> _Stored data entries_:
=== Begin Enclosure ===
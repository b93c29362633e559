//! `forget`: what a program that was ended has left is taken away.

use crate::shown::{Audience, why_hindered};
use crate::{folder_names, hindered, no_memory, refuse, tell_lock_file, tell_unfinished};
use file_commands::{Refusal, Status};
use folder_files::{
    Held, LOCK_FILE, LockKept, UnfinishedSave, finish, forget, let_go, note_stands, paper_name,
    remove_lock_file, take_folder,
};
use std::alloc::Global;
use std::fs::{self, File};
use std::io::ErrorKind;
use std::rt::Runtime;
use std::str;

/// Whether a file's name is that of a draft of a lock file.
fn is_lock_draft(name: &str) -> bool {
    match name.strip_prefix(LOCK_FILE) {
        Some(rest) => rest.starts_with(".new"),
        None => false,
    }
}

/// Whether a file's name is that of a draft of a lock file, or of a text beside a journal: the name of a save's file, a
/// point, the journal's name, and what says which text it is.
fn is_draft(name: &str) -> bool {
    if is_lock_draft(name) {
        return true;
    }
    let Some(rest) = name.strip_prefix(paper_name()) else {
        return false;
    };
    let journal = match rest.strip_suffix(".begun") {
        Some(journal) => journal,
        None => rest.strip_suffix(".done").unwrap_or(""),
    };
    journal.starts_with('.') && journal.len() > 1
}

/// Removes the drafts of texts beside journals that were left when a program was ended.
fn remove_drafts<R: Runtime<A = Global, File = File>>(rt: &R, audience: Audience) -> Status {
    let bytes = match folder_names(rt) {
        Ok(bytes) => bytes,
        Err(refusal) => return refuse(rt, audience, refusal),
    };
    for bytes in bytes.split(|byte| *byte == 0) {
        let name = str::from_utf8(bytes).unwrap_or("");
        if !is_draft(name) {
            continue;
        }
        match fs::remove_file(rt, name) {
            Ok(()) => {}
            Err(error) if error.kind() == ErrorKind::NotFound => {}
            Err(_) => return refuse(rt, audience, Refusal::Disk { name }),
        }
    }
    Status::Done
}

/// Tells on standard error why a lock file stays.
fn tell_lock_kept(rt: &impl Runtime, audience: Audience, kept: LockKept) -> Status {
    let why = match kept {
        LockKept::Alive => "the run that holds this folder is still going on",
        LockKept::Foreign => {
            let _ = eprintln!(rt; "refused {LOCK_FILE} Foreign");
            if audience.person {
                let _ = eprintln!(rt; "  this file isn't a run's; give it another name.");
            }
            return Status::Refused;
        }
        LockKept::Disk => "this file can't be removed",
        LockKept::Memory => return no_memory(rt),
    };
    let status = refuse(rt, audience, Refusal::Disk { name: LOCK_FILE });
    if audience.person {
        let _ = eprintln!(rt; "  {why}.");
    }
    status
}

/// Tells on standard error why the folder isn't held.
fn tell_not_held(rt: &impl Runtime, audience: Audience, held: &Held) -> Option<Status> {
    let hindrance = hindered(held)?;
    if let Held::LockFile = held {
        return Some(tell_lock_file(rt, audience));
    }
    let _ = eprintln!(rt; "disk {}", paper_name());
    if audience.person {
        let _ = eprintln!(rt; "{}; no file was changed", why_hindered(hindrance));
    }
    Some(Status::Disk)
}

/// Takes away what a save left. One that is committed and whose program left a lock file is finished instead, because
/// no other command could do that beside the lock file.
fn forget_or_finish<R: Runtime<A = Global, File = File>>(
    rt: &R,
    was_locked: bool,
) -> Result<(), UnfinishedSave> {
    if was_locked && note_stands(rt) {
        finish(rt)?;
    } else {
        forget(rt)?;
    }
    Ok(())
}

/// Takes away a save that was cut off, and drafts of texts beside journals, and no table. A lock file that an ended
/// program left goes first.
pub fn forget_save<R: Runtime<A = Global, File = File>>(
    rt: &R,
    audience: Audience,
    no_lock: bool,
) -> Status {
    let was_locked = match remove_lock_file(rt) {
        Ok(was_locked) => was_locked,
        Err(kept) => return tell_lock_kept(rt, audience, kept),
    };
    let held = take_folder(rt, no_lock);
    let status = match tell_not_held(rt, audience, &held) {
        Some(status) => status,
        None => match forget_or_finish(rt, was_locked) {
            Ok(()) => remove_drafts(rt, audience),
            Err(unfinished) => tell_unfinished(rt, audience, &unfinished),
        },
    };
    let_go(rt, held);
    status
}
=== End Enclosure ===
=== Begin Enclosure ===
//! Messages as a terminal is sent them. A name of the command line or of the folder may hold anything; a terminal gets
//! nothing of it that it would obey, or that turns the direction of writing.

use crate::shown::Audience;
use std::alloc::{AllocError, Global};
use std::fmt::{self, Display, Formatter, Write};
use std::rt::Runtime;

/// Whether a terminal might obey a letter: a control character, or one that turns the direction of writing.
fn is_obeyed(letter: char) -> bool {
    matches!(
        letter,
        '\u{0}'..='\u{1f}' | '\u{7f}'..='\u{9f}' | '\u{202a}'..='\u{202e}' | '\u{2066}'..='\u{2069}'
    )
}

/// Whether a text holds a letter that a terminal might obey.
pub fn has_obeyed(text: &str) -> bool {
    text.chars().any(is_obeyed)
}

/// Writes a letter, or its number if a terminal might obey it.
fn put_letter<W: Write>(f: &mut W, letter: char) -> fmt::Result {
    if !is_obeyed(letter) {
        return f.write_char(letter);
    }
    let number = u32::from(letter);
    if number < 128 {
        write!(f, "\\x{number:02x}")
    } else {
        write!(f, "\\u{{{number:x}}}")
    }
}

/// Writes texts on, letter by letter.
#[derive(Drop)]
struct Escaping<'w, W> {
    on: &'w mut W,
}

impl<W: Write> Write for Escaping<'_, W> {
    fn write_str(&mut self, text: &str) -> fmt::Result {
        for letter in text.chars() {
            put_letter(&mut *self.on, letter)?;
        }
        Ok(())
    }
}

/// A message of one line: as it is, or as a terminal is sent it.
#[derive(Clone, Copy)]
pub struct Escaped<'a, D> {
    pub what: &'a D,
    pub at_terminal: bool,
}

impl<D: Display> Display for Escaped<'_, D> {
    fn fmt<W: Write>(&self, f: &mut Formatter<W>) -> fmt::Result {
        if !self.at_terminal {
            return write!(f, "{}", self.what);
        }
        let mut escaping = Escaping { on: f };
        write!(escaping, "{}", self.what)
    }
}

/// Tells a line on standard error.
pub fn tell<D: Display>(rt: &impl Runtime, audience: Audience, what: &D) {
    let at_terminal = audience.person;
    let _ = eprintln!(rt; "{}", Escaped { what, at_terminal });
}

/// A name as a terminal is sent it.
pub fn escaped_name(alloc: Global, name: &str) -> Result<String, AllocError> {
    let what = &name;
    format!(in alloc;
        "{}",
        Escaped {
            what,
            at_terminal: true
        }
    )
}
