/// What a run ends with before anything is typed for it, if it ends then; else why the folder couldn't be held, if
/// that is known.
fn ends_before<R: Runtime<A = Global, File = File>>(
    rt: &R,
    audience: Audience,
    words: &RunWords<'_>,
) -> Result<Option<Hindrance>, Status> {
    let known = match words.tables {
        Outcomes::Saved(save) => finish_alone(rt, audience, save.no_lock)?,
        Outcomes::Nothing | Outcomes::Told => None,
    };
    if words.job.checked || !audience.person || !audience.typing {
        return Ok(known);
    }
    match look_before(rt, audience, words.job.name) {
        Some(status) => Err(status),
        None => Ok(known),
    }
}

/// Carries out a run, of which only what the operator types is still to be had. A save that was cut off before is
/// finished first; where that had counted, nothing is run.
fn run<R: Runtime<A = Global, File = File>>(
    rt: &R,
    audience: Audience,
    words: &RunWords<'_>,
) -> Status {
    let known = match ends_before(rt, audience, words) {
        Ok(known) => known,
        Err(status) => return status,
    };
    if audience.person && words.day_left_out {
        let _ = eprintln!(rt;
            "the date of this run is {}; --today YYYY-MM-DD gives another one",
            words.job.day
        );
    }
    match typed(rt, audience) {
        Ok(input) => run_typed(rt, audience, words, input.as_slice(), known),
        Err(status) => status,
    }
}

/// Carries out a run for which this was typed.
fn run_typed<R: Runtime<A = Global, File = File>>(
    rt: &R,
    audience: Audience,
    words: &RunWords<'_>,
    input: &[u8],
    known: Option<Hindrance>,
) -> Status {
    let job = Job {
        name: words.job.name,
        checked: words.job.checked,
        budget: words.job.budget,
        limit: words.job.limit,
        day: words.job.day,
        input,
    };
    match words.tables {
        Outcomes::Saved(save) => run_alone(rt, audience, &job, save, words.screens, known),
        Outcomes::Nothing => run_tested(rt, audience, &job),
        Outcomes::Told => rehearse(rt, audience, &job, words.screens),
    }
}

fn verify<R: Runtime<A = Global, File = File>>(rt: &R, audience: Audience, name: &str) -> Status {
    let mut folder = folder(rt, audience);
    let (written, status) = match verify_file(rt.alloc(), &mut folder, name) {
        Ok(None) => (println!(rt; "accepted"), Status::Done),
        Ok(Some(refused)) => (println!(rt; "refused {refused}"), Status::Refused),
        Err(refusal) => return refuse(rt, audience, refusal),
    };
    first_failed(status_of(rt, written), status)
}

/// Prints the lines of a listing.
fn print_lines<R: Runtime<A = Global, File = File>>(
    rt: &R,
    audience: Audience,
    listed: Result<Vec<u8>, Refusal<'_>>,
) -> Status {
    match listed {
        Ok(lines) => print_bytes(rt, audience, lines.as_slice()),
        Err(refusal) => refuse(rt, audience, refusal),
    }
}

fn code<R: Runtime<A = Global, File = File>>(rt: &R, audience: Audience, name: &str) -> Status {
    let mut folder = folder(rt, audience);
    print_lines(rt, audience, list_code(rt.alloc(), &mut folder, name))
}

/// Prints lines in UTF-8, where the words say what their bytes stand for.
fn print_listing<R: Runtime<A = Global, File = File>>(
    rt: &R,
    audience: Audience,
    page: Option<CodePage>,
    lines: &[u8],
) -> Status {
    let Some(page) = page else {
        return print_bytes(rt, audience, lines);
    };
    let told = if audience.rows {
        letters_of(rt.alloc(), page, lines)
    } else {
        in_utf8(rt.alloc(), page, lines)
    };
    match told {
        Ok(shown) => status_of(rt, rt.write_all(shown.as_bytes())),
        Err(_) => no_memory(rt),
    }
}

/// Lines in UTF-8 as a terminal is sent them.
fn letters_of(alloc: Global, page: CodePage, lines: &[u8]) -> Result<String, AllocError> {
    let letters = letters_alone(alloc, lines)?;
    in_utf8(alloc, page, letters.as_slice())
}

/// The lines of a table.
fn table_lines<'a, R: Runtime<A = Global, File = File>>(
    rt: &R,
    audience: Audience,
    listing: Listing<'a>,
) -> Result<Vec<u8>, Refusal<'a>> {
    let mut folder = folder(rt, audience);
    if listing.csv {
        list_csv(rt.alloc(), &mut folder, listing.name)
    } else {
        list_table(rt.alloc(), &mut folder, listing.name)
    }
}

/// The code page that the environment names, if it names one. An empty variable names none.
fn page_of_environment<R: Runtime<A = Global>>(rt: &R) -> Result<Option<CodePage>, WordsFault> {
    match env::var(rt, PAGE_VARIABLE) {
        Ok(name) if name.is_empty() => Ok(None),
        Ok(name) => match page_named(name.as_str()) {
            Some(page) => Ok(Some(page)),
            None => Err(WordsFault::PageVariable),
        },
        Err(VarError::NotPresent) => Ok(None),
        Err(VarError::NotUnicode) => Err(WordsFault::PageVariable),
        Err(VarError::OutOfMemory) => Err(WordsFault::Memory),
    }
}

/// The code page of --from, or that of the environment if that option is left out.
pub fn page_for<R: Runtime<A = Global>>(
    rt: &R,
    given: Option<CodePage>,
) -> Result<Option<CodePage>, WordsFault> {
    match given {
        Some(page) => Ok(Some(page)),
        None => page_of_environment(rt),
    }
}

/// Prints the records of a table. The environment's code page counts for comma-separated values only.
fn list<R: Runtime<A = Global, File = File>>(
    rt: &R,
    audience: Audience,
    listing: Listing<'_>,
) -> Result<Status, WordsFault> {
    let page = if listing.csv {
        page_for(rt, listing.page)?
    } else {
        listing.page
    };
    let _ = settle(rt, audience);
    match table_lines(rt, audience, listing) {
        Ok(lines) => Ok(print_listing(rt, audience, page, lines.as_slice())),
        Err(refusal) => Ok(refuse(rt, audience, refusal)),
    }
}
=== End Enclosure ===
> _Work to complete_:
Look through the entries above, and wherever a line holds the word "Prints", copy it.

> _Response below_:
/// Prints the lines of a listing.
/// Prints lines in UTF-8, where the words say what their bytes stand for.
/// Prints the records of a table. The environment's code page counts for comma-separated values only.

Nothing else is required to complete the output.